- [WHAT IS BEING ASKED]:
Two lines in the data below mark the range: the one with "past the integers." and the one with "fn spot_at(text: &[u8], at: usize)". Return both, along with every line between them, exactly.

Stored items:
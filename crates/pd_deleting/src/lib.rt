//! An edit that deletes a box of a canvas of the patch's own document, made on the running patch.
//!
//! `delete_box` takes the box of a number out of the canvas at a path, with all that lies in it and with all wires at these boxes; higher
//! numbers of that canvas fall by one (`ClearsBox`). Where the box is a port of the box around, that loses the port too, with the wires there,
//! which are told with the numbers that they had (`TakesPort`). It deletes every box that there is. A refused edit (`IsNotDeleted`) leaves the
//! patch as it was; where memory ran out there may be more room in it, and all that it tells stays. Memory is taken for the list of the boxes
//! that go, for the list of the wires at the port and for what the box around has then, and where the lists of ports don't reach to all keys.
//! It looks at no more signal wires than mending the orders of the canvases takes for each signal wire that goes.
//!
//! The caller keeps the counts of the patch from one edit to the next, so that an edit counts no more boxes and values than go.
//!
//! Free: want of memory. That is also the reason where a port box holds a canvas, or where some box has no place for its blocks, neither of
//! which is so in a patch that runs.
//!
//! Definitions: `Deletes` (which box goes, and why none does).
#![tactic(auto)]

mod asking;
mod deleting;

pub use deleting::{OldBox, delete_box};
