//! Whether names and atoms are of the table.

ghost use Rattle.std.specs.Prelude.{◌≡◌, ◌<◌, true, length};
ghost use Rattle.std.specs.List.{All};
ghost use Rattle.pd_atom.specs.Atoms.{IsOf};
ghost use Rattle.pd_hearing.specs.Guards.{is_name as has_name, is_atom, are_atoms};

use pd_atom::{Atom, Sym, Symbols};

/// Whether a name is of the table.
pub fn is_name(symbols: &Symbols, name: Sym) -> bool
    ensures name { result ≡ true → name < length symbols.now }
    ensures value { result ≡ has_name symbols.now name }
{
    name.number() < symbols.len()
}

/// Whether an atom is of the table.
pub fn is_known(symbols: &Symbols, atom: &Atom) -> bool
    ensures atom { result ≡ true → IsOf symbols.now atom.now }
    ensures value { result ≡ is_atom symbols.now atom.now }
{
    match atom {
        Atom::Symbol(name) | Atom::DollarSymbol(name) => is_name(symbols, *name),
        Atom::Dollar(number) => *number <= 9_999,
        Atom::Number(_) | Atom::Comma | Atom::Semi => true,
    }
}

/// Whether all atoms are of the table.
#[tactic(auto, unfolding(crate::specs::Guards::are_atoms))]
pub fn are_known(symbols: &Symbols, atoms: &[Atom]) -> bool
    ensures atoms { result ≡ true → All (IsOf symbols.now) atoms.now }
    ensures value { result ≡ are_atoms symbols.now atoms.now }
{
    for atom in atoms {
        if !is_known(symbols, atom) {
            return false;
        }
    }
    true
}
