//! Which box an edit deletes, or why it is refused, and which port of the box around it is.

ghost use Rattle.std.specs.Prelude.{◌≡◌, ◌<◌, ℕ, true, length, option_map, Some, Ok, Err, IfOk, IfErr, IfSome, IsSome};
ghost use Rattle.slab.specs.Slab.{get};
ghost use Rattle.pd_grove.specs.declared.nodes.Node.{Node};
ghost use Rattle.pd_grove.specs.declared.ports.Side.{Side};
ghost use Rattle.pd_grove.specs.Ports.{port_signal};
ghost use Rattle.pd_grove.specs.Telling.{inner_in};
ghost use Rattle.pd_web.specs.Hops.{place_of, port_told};
ghost use Rattle.pd_deleting.specs.Deletes.{going};

use pd_boxes::Place;
use pd_grove::{Grove, Side};
use pd_kind::{Glue, Kind, Side as PortSide, Signal};
use pd_patch::Patch;
use pd_web::Spot;
use pd_wiring::EditRefusal;

/// A box that goes: the place at which it stands, and its key.
#[derive(Clone, Copy)]
pub(crate) struct Going {
    pub place: Place,
    pub key: u32,
}

/// The box of a number of the canvas at a path.
pub(crate) fn box_to_go(patch: &Patch, path: &[u32], number: u32) -> Result<Going, EditRefusal>
    ensures is { IfOk result (λ b. going patch.now path.now number ≡ Ok (b.place.canvas, b.key)) }
    ensures number { IfOk result (λ b. b.place.number ≡ number) }
    ensures refused { IfErr result (λ why. going patch.now path.now number ≡ Err why) }
{
    let Some(canvas) = patch.grove.own_canvas_at(path) else {
        return Err(EditRefusal::NoCanvas);
    };
    let Some(key) = patch.grove.box_key(canvas, number) else {
        return Err(EditRefusal::NoBox { number });
    };
    let place = Place { canvas, number };
    Ok(Going { place, key })
}

/// The port of the box around that a box is; `None` where it is none.
pub(crate) fn port_of(patch: &Patch, key: u32) -> Option<Spot>
    ensures told { option_map place_of result ≡ port_told patch.now.web key }
    ensures side { IfSome result (λ s. (n : Node) (side : Side) → get patch.now.grove.nodes key ≡ Some n → IsSome (port_signal side n.kind) → s.side ≡ side) }
{
    let (node, port) = patch.web.port_of(key)?;
    let side = side_at(&patch.grove, key);
    Some(Spot { node, side, port })
}

/// On which side a port box is a port.
fn side_at(grove: &Grove, key: u32) -> Side
    ensures { (n : Node) (side : Side) → get grove.now.nodes key ≡ Some n → IsSome (port_signal side n.kind) → result ≡ side }
{
    match grove.node(key) {
        Some(node) => side_of(&node.kind),
        None => Side::Inlets,
    }
}

/// On which side a box of a kind is a port, where it is one.
fn side_of(kind: &Kind) -> Side
    ensures { (side : Side) → IsSome (port_signal side kind.now) → result ≡ side }
{
    match kind {
        Kind::Glue(
            Glue::Port {
                side: PortSide::Outlet,
            },
        ) => Side::Outlets,
        Kind::Signal(Signal::Outlet) => Side::Outlets,
        _ => Side::Inlets,
    }
}

/// Whether a port box holds no canvas, and each box has a place for its blocks, as in every patch that runs.
pub(crate) fn can_lose_port(patch: &Patch, key: u32) -> bool
    ensures leaf { result ≡ true → inner_in (get patch.now.grove.nodes key) ≡ None }
    ensures reached { result ≡ true → (k : ℕ) → IsSome (get patch.now.grove.nodes k) → k < length patch.now.values.items }
{
    patch.grove.canvas_in(key).is_none() && has_places(patch)
}

/// Whether each box has a place for its blocks.
fn has_places(patch: &Patch) -> bool
    ensures { result ≡ true → (k : ℕ) → IsSome (get patch.now.grove.nodes k) → k < length patch.now.values.items }
{
    let Ok(end) = u32::try_from(patch.grove.nodes_end()) else {
        return false;
    };
    let from = patch.values.len().min(end as usize) as u32;
    for key in from..end {
        if patch.grove.node(key).is_some() {
            return false;
        }
    }
    true
}
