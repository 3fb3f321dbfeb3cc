//! What a box asks for beside its sends.

ghost use Rattle.std.specs.Prelude.{◌≡◌, Some};
ghost use Rattle.slab.specs.Slab.{get};
ghost use Rattle.pd_atom.specs.Names.{Names};
ghost use Rattle.pd_queue.specs.Queue.{Waiting};
ghost use Rattle.pd_grove.specs.Telling.{kind_in};
ghost use Rattle.pd_hearing.specs.Worlds.{net_of, kept_of, states_of};
ghost use Rattle.pd_hearing.specs.Hearing.{table_named};
ghost use Rattle.pd_hearing.specs.Deeds.{done, later as later_than, written, with_states, with_clock, with_clocks};

use crate::hearing::table_name;
use pd_atom::Sym;
use pd_clock::{Rate, Time};
use pd_kind::Deed;
use pd_num::Num;
use pd_patch::Patch;

/// Does what a box asks for, but for a print's line and to be resumed.
#[tactic(auto, unfolding(crate::specs::Deeds::done))]
pub fn do_deed(patch: &mut Patch, node: u32, deed: Deed, now: Time)
    ensures kept { (names : Names) (queue : Waiting) → kept_of patch.new names queue ≡ done (net_of patch.old) now node deed (kept_of patch.old names queue) }
    ensures net { net_of patch.new ≡ net_of patch.old }
{
    match deed {
        Deed::SetClock(milliseconds) => set_later(patch, node, milliseconds, now),
        Deed::ClearClock => patch.clear_clock(node),
        Deed::WriteTable { index, value } => write_named(patch, node, index, value),
        Deed::Nothing | Deed::Print | Deed::Again => {}
    }
}

/// Sets the clock of a box to so many milliseconds from now.
fn set_later(patch: &mut Patch, node: u32, milliseconds: Num, now: Time)
    ensures kept { (names : Names) (queue : Waiting) → kept_of patch.new names queue ≡
        with_clocks (kept_of patch.old names queue) (with_clock patch.old.timers.end node (later_than now milliseconds patch.old.rate) patch.old.timers.clocks.clocks) }
    ensures net { net_of patch.new ≡ net_of patch.old }
{
    let time = later(now, milliseconds, patch.rate());
    patch.set_clock(node, time);
}

/// The time so many milliseconds from now. A millionth of a millisecond has as many units as a second has samples.
fn later(now: Time, milliseconds: Num, rate: Rate) -> Time
    ensures { result ≡ later_than now milliseconds rate }
{
    let micros = u128::from(milliseconds.micros().max(0).unsigned_abs());
    let units = micros.saturating_mul(u128::from(rate.hz()));
    Time::of_units(now.units().saturating_add(units))
}

/// Sets a value of the table that a box names.
fn write_named(patch: &mut Patch, node: u32, index: u32, value: Num)
    ensures states { states_of patch.new ≡ written (net_of patch.old) (states_of patch.old) index value (table_named (kind_in ((net_of patch.old).nodes node))) }
    ensures net { net_of patch.new ≡ net_of patch.old }
    ensures clocks { patch.new.timers ≡ patch.old.timers }
{
    match name_at(patch, node) {
        Some(name) => patch.write_table(name, index, value),
        None => {}
    }
}

fn name_at(patch: &Patch, node: u32) -> Option<Sym>
    ensures { result ≡ table_named (kind_in ((net_of patch.now).nodes node)) }
{
    table_name(&patch.node(node)?.kind)
}
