impl Place {
    /// Before a text.
    fn start() -> Place
        ensures { result ≡ start }
    {
        Place {
            spot: Spot::Before,
            marked: 0,
            is_first: true,
            field: 0,
            has_given: false,
            has_bytes: false,
            missed: 0,
        }
    }

    /// Before a record that is not the first.
    fn fresh(self) -> Place
        ensures { result ≡ fresh self }
    {
        Place {
            spot: Spot::Before,
            marked: self.marked,
            is_first: false,
            field: 0,
            has_given: false,
            has_bytes: false,
            missed: 0,
        }
    }

    /// Whether a byte belongs to a byte order mark before the text.
    fn is_mark(self, byte: u8) -> bool
        ensures { result ≡ is_mark self byte }
    {
        match MARK.get(self.marked) {
            Some(next) => *next == byte,
            None => false,
        }
    }

    /// The same place, where the next byte can be no part of a byte order mark: a part that went by begins the first record.
    fn unmarked(self) -> Place
        ensures { result ≡ unmarked self }
    {
        let spot = if 0 < self.marked && self.marked < MARK.len() {
            Spot::Plain
        } else {
            self.spot
        };
        Place {
            spot,
            marked: MARK.len(),
            ..self
        }
    }

    /// How many bytes at the front of a text surely belong to the field at hand, and change nothing else. No byte does
    /// where a byte order mark may come.
    fn run_of(self, text: &[u8]) -> usize
        ensures bound { result ≤ length text.now }
        ensures stays { list_all (stays self.spot) (take result text.now) ≡ true }
        ensures marked { 0 < result → self.marked ≡ 3 }
    {
        if self.marked != MARK.len() {
            return 0;
        }
        run_of(self.spot, text)
    }
}

/// Where the first comma or line end is.
fn separator_at(text: &[u8]) -> Option<usize>
    ensures { result ≡ position (λ c. (c == 44) || is_line_end c) text.now }
{
    text.iter()
        .position(|byte| *byte == b',' || is_line_end(*byte))
}

/// Where the first double quote is.
fn quote_at(text: &[u8]) -> Option<usize>
    ensures { result ≡ position (λ c. c == 34) text.now }
{
    text.iter().position(|byte| *byte == b'"')
}

/// How many bytes at the front of a text are neither a comma nor a line end.
fn plain_run(text: &[u8]) -> usize
    ensures bound { result ≤ length text.now }
    ensures stays { list_all (stays Plain) (take result text.now) ≡ true }
{
    match separator_at(text) {
        Some(end) => end,
        None => text.len(),
    }
}

/// How many bytes at the front of a text are no double quote.
fn quoted_run(text: &[u8]) -> usize
    ensures bound { result ≤ length text.now }
    ensures stays { list_all (stays Quoted) (take result text.now) ≡ true }
{
    match quote_at(text) {
        Some(end) => end,
        None => text.len(),
    }
}

/// How many bytes at the front of a text surely belong to the field at hand, and change nothing else.
fn run_of(spot: Spot, text: &[u8]) -> usize
    ensures bound { result ≤ length text.now }
    ensures stays { list_all (stays spot) (take result text.now) ≡ true }
{
    match spot {
        Spot::Plain => plain_run(text),
        Spot::Quoted => quoted_run(text),
        _ => 0,
    }
}

/// How many line ends were passed by, after one more byte.
fn missed_after(missed: usize, byte: u8) -> usize
    ensures { result ≡ missed_after missed byte }
{
    if byte == b'\n' {
        missed.saturating_add(1)
    } else {
        missed
    }
}

/// The same after more bytes.
fn missed_in(missed: usize, run: &[u8]) -> usize
    ensures { result ≡ missed_in missed run.now }
{
    let mut missed = missed;
    let mut rest = run;
    while let Some((byte, more)) = rest.split_first() {
        missed = missed_after(missed, *byte);
        rest = more;
    }
    missed
}

/// What goes by of a text, and what of it was not yet given on.
#[derive(Drop)]
pub(crate) struct Rewriter {
    header: Header,
    place: Place,
    /// What goes on, and how many bytes of it were given.
    out: Vec<u8>,
    handed: usize,
}
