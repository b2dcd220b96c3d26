// The arm of a `case` that a value takes, as the marking machine finds it: labels are met in text order up to the match, and one of another kind sticks.

#![tactic(auto)]

ghost use Rattle.std.specs.Prelude.{◌≡◌, ◌+◌, ◌≤◌};
ghost use Rattle.mark_arms.specs.Arms.{Labels, Spots, Meets, EndsAt, EntersForm, Enters, Turns, Chooses};

use mark_counts::count_statements;
use rule_atoms::constant;
use rule_faults::is_clear;
use table_scope::Scope;
use text_heads::{ArmHead, arm_head};
use text_parts::{Part, end_at, part_at};
use text_skips::skip;

// A label: its kind and its value.
#[derive(Clone, Copy)]
pub struct Label {
    pub kind: u32,
    pub value: i64,
}

// The machine sticks, since a value meets a label of another kind.
#[derive(Clone, Copy)]
pub struct Stuck;

// An arm or an `else` by the offset after its head, or none is left.
// Kept: three ways on, none of them a failure: an Option of one of two offsets is no plainer.
#[derive(Clone, Copy)]
pub enum Entry {
    Labelled(usize),
    Other(usize),
    Over,
}

// What the arm at an offset says: its statement is taken; there is none; it sticks; or the next arm stands at an offset.
#[derive(Clone, Copy)]
pub enum Turn {
    Taken(usize),
    Absent,
    Stuck,
    On(usize),
}

// The arm that a value takes: the offset of its statement and the number of the last statement before it.
#[derive(Clone, Copy)]
pub enum Arm {
    Taken(usize, u32),
    Absent,
    Stuck,
}

// The label at an offset. `(- #80000000)` is the only constant past the integers.
fn label_at(text: &[u8], work: &[u32], scope: Scope, at: usize) -> Label
    ensures { Labels text.now work.now scope at result }
{
    let v = constant(text, work, scope, at);
    let f = v.fault;
    if is_clear(f) {
        return Label {
            kind: v.kind,
            value: v.value,
        };
    }
    Label {
        kind: 0,
        value: 2147483648,
    }
}

// The offset of the next part, if a label stands at an offset in an arm: a part that is not the last.
fn spot_at(text: &[u8], at: usize) -> Option<usize>
    ensures { Spots text.now at result }
{
    let e = end_at(text, at);
    match e {
        Some(_) => None,
        None => {
            let q = skip(text, at);
            let f = end_at(text, q);
            match f {
                Some(_) => None,
                None => Some(q),
            }
        }
    }
}

// Whether z, of a kind, is a label of the arm whose labels begin at an offset.
fn fit_at(
    text: &[u8],
    work: &[u32],
    scope: Scope,
    kind: u32,
    z: i64,
    at: usize,
) -> Result<bool, Stuck>
    ensures { Meets text.now work.now scope kind z at result }
{
    let mut p = at;
    while let Some(q) = spot_at(text, p) {
        let v = label_at(text, work, scope, p);
        if v.kind != kind {
            return Err(Stuck);
        }
        if v.value == z {
            return Ok(true);
        }
        p = q;
    }
    Ok(false)
}

// The offset of an arm's last part, its statement.
fn last_part(text: &[u8], at: usize) -> usize
    ensures { EndsAt text.now at result }
{
    let mut p = at;
    while let Some(q) = spot_at(text, p) {
        p = q;
    }
    p
}

// Into the form whose parts begin at an offset.
fn entry_in(text: &[u8], at: usize) -> Entry
    ensures { EntersForm text.now at result }
{
    match part_at(text, at) {
        Part::Leaf(w, _, q) => {
            let h = arm_head(w);
            match h {
                ArmHead::Arm => Entry::Labelled(q),
                ArmHead::Else => Entry::Other(q),
                ArmHead::Nothing => Entry::Over,
            }
        }
        _ => Entry::Over,
    }
}

// Into the arm at an offset.
fn entry_at(text: &[u8], at: usize) -> Entry
    ensures { Enters text.now at result }
{
    match part_at(text, at) {
        Part::Form(p) => entry_in(text, p),
        _ => Entry::Over,
    }
}

// What the arm at an offset says of z, which is of a kind.
fn turn_at(text: &[u8], work: &[u32], scope: Scope, kind: u32, z: i64, at: usize) -> Turn
    ensures { Turns text.now work.now scope kind z at result }
{
    let e = entry_at(text, at);
    match e {
        Entry::Labelled(q) => {
            let Ok(hit) = fit_at(text, work, scope, kind, z, q) else {
                return Turn::Stuck;
            };
            if hit {
                Turn::Taken(last_part(text, q))
            } else {
                Turn::On(skip(text, at))
            }
        }
        Entry::Other(q) => Turn::Taken(q),
        Entry::Over => Turn::Absent,
    }
}

// The number k after n, as far as there are numbers.
pub fn later(n: u32, k: usize) -> u32
    ensures { n + k ≤ 4294967295 → result ≡ n + k }
{
    if k > 4294967295 {
        return n;
    }
    let m = n as usize + k;
    if m > 4294967295 {
        return n;
    }
    m as u32
}

// The arm that z, of a kind, takes among those from an offset on; n is the number of the last statement before them.
pub fn choose_arm(
    text: &[u8],
    work: &[u32],
    scope: Scope,
    kind: u32,
    z: i64,
    n: u32,
    at: usize,
) -> Arm
    ensures { Chooses text.now work.now scope kind z n at result }
{
    let mut p = at;
    let mut m = n;
    loop {
        let t = turn_at(text, work, scope, kind, z, p);
        match t {
            Turn::Taken(q) => {
                return Arm::Taken(q, m);
            }
            Turn::Absent => {
                return Arm::Absent;
            }
            Turn::Stuck => {
                return Arm::Stuck;
            }
            Turn::On(q) => {
                m = later(m, count_statements(text, p));
                p = q;
            }
        }
    }
}
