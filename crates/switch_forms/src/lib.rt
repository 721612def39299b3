//! How what a snapshot keeps of the inputs of a node's switch and of its link ends stands in bytes, and its readers and writers. See docs/SNAPSHOTS.md.
#![tactic(auto)]

mod input;
mod link_end;

pub use input::{read_inputs, write_inputs};
pub use link_end::{read_link_ends, write_link_ends};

- [RESULT BELOW]:
// The label at an offset. `(- #80000000)` is the only constant past the integers.
fn label_at(text: &[u8], work: &[u32], scope: Scope, at: usize) -> Label
    ensures { Labels text.now work.now scope at result }
{
    let v = constant(text, work, scope, at);
    let f = v.fault;
    if is_clear(f) {
        return Label {
            kind: v.kind,
            value: v.value,
        };
    }
    Label {
        kind: 0,
        value: 2147483648,
    }
}

// The offset of the next part, if a label stands at an offset in an arm: a part that is not the last.
fn spot_at(text: &[u8], at: usize) -> Option<usize>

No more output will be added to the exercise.